As the world takes a closer look at sustainability and the impact of carbon emissions on climate change, more and more global companies are changing their business processes and technologies to reduce their impact on climate change. We have seen this from a number of companies looking to end deforestation or make the switch to renewable energy sources. United Natural Foods Inc. (UNFI) is the latest to make a major announcement in its efforts to reduce its impact on climate change by setting science-based emissions reduction targets covering its own operations and value chain. The wholesale grocery distributor expects its targets will align with the goals of the Paris Agreement to limit global temperature rise to well below 2°C above pre-industrial levels, and to pursue efforts to limit warming to 1.5°C for the best chance of avoiding the worst impacts of climate change.

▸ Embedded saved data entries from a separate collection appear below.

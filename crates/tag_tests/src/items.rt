//! `item_model`: projections byte for byte, folded names, and texts of the `meta` parameter.

use dmap_tags::{Code, Text, encode_into};
use item_model::{Item, ItemError, Meta, MetaError, PropValue, Property, Row, folded, project};
use std::alloc::{AllocError, Global};
use std::process::Abort;
use std::test::Fail;

// Without clauses, so that a test's proof unfolds no call of `put` or `read`.
fn put(item: &mut Item, property: Property, value: PropValue) -> Result<(), ItemError> {
    item.put(property, value)
}

fn read(alloc: Global, text: &str) -> Result<Meta, MetaError> {
    Meta::read(alloc, text)
}

/// A property with a number, or with a text if there is none.
type Value<'a> = (Property, Option<u64>, &'a str);

fn value_of(alloc: Global, value: &Value<'_>) -> Result<PropValue, AllocError> {
    match value.1 {
        Some(number) => Ok(PropValue::Number(number)),
        None => Ok(PropValue::Text(Text::of(alloc, value.2)?)),
    }
}

fn put_values(alloc: Global, item: &mut Item, values: &[Value<'_>]) -> Result<(), ItemError> {
    for value in values {
        put(item, value.0, value_of(alloc, value)?)?;
    }
    Ok(())
}

fn item_of(alloc: Global, values: &[Value<'_>]) -> Result<Item, ItemError> {
    let mut item = Item::new(alloc);
    put_values(alloc, &mut item, values)?;
    Ok(item)
}

fn named_item(alloc: Global, name: &str) -> Result<Item, ItemError> {
    item_of(alloc, &[(Property::Minm, None, name)])
}

const SONG: [Value<'static>; 5] = [
    (Property::Minm, None, "A"),
    (Property::Asdm, Some(4_294_967_295), ""),
    (Property::Asyr, Some(1983), ""),
    (Property::Mikd, Some(2), ""),
    (Property::Mper, Some(1), ""),
];

fn song(alloc: Global) -> Result<Row, ItemError> {
    let item = item_of(alloc, &SONG)?;
    Ok(Row { id: 7, item })
}

/// Values that are not of the property's kind and range.
const OUT_OF_RANGE: [Value<'static>; 4] = [
    (Property::Minm, None, ""),
    (Property::Minm, Some(1), ""),
    (Property::Asyr, Some(65_536), ""),
    (Property::Asar, Some(1), ""),
];

/// Returns the item's entries and folded texts as they are shown.
fn item_shown(alloc: Global, item: &Item) -> Result<String, AllocError> {
    format!(in alloc; "{item:?}")
}

/// Returns whether each value is refused, and the item shown as before.
fn are_out_of_range(
    alloc: Global,
    item: &mut Item,
    values: &[Value<'_>],
    before: &str,
) -> Result<bool, AllocError> {
    for value in values {
        let result = put(item, value.0, value_of(alloc, value)?);
        if result != Err(ItemError::Range) || item_shown(alloc, item)?.as_str() != before {
            return Ok(false);
        }
    }
    Ok(true)
}

#[test]
fn a_refused_value_leaves_the_item_as_it_was(rt: HostRuntime) -> Result<(), Fail> {
    let mut item = named_item(rt.alloc(), "Straße")?;
    let before = item_shown(rt.alloc(), &item)?;
    assert!(rt; are_out_of_range(rt.alloc(), &mut item, &OUT_OF_RANGE, before.as_str())?);
    Ok(())
}

/// Returns the bytes of a row's tag.
fn encoded(
    alloc: Global,
    row: &Row,
    member: Option<u32>,
    meta: &Meta,
) -> Result<Vec<u8>, AllocError> {
    let tag = project(alloc, row, member, meta)?;
    let mut out = Vec::new(alloc);
    match encode_into(&tag, &mut out) {
        Ok(()) => Ok(out),
        Err(_) => Err(AllocError),
    }
}

#[test]
fn a_member_is_listed_by_its_ids_and_name(rt: HostRuntime) -> Result<(), Fail> {
    let item = named_item(rt.alloc(), "A")?;
    let row = Row { id: 7, item };
    let member = encoded(rt.alloc(), &row, Some(10), &Meta::Default)?;
    assert_eq!(rt;
        member.as_slice(),
        b"mlit\0\0\0\x21mcti\0\0\0\x04\0\0\0\x0amiid\0\0\0\x04\0\0\0\x07minm\0\0\0\x01A".as_slice()
    );
    Ok(())
}

/// The tag of the song with the day of its change and then its name.
const CHANGED_AND_NAMED: &[u8] =
    b"mlit\0\0\0\x21miid\0\0\0\x04\0\0\0\x07asdm\0\0\0\x04\xff\xff\xff\xffminm\0\0\0\x01A";

/// The tag of the song with all its properties.
const WHOLE_SONG: &[u8] =
    b"mlit\0\0\0\x44miid\0\0\0\x04\0\0\0\x07minm\0\0\0\x01Amikd\0\0\0\x01\x02mper\0\0\0\x08\0\0\0\0\0\0\0\x01asyr\0\0\0\x02\x07\xbfasdm\0\0\0\x04\xff\xff\xff\xff";

#[test]
fn properties_come_as_asked_and_once(rt: HostRuntime) -> Result<(), Fail> {
    let row = song(rt.alloc())?;
    let meta = read(
        rt.alloc(),
        "daap.songdatemodified,dmap.itemname,daap.songalbum,daap.songdatemodified",
    )?;
    let asked = encoded(rt.alloc(), &row, None, &meta)?;
    assert_eq!(rt; asked.as_slice(), CHANGED_AND_NAMED);
    Ok(())
}

#[test]
fn all_properties_come_in_their_order(rt: HostRuntime) -> Result<(), Fail> {
    let row = song(rt.alloc())?;
    let all = encoded(rt.alloc(), &row, None, &Meta::All)?;
    assert_eq!(rt; all.as_slice(), WHOLE_SONG);
    Ok(())
}

/// Names with their folded texts, as tools/casefold prints them.
const FOLDINGS: [(&str, &str); 12] = [
    ("Hey Jude", "hey jude"),
    ("Björk", "björk"),
    ("Straße", "strasse"),
    ("GROẞE FREIHEIT", "grosse freiheit"),
    ("Ὀδυσσεύς", "ὀδυσσεύσ"),
    ("ΐ", "ι\u{308}\u{301}"),
    ("ᾳ", "αι"),
    ("Чайковский", "чайковский"),
    ("İstanbul", "i\u{307}stanbul"),
    ("ısparta", "ısparta"),
    ("eﬃcient", "efficient"),
    ("\u{212a}elvin", "kelvin"),
];

fn are_folded(rt: &impl Abort, alloc: Global, cases: &[(&str, &str)]) -> Result<(), Fail> {
    for (name, text) in cases {
        assert_eq!(rt; folded(alloc, *name)?.as_str(), *text);
    }
    Ok(())
}

#[test]
fn names_fold_as_in_another_program(rt: HostRuntime) -> Result<(), Fail> {
    are_folded(&rt, rt.alloc(), &FOLDINGS)
}

#[test]
fn names_and_codes_find_their_properties(rt: HostRuntime) -> Result<(), Fail> {
    let kind = Property::by_name("com.apple.itunes.mediakind");
    assert_eq!(rt; kind, Some(Property::Aemk));
    assert_eq!(rt; Property::by_code(Code(*b"aeMK")), kind);
    assert_eq!(rt; Property::Asdm.rank(), 25);
    Ok(())
}

/// Texts of the parameter, what each reads as, and the text that is printed for it.
const METAS: [(&str, &str, &str); 5] = [
    ("", "Ok(Default)", ""),
    ("all", "Ok(All)", "all"),
    (
        "dmap.itemname,no.such,,daap.songyear,dmap.itemname",
        "Ok(Names(Properties { items: [Minm, Asyr] }))",
        "dmap.itemname,daap.songyear",
    ),
    ("no.such", "Ok(Names(Properties { items: [] }))", ","),
    (",", "Ok(Names(Properties { items: [] }))", ","),
];

/// Returns what a text reads as, as it is shown.
fn meta_shown(alloc: Global, text: &str) -> Result<String, AllocError> {
    let meta = read(alloc, text);
    format!(in alloc; "{meta:?}")
}

fn printed(alloc: Global, text: &str) -> Result<Text, MetaError> {
    Ok(read(alloc, text)?.copy()?.print(alloc)?)
}

fn read_and_print(
    rt: &impl Abort,
    alloc: Global,
    cases: &[(&str, &str, &str)],
) -> Result<(), Fail> {
    for (text, meta, again) in cases {
        assert_eq!(rt; meta_shown(alloc, *text)?.as_str(), *meta);
        assert_eq!(rt; printed(alloc, *text)?.as_str(), *again);
    }
    Ok(())
}

#[test]
fn meta_texts_read_and_print(rt: HostRuntime) -> Result<(), Fail> {
    read_and_print(&rt, rt.alloc(), &METAS)
}

#[test]
fn more_names_than_256_are_too_many(rt: HostRuntime) -> Result<(), Fail> {
    let text = ",".repeat(rt.alloc(), 256)?;
    assert_eq!(rt;
        meta_shown(rt.alloc(), text.as_str())?.as_str(),
        "Err(TooMany)"
    );
    Ok(())
}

One of the most fickle products when it comes to accurately forecasting supply and demand is Christmas trees. With the coronavirus pandemic experiencing another global surge, no one was really sure how Christmas tree sales would go this year. For those farmers in Europe that sell trees, things are going well. However, even when things are going well, there are always issues that arise. For example, in Denmark, the industry relies on workers from Eastern Europe during the season. The supply has dried up due to cross-border travel restrictions. But, demand for trees is surging, as more people seem to be getting in the festive mood to counteract the general glumness of the pandemic. Even with the growing complexities of the supply chain due to COVID-19, tree farmers are in bright spirits.
And while Christmas trees appear to be in ample supply even with growing demand, the same does not hold true for cookies in the US. Campbell Soup Co., the maker of Pepperidge Farm cookies, warned it’s working through “supply constraints” in its cookie division, which makes familiar packaged varieties like Milano and Chessmen. The shortage is a combination of COVID-related labor shortages and elevated demand. According to a report by Top Data, cookie demand in the US has surged by 25 percent during COVID, with one in five Americans consuming more than three cookies per day. The holidays bring about an expected surge each year, but this year, cookie companies simply might not be able to meet the demand.
That’s all for this week and this year. Thank you for reading, and we’ll see you next year. Enjoy the weekend, the holiday season, and the song of the week, Led Zeppelin’s Thank You.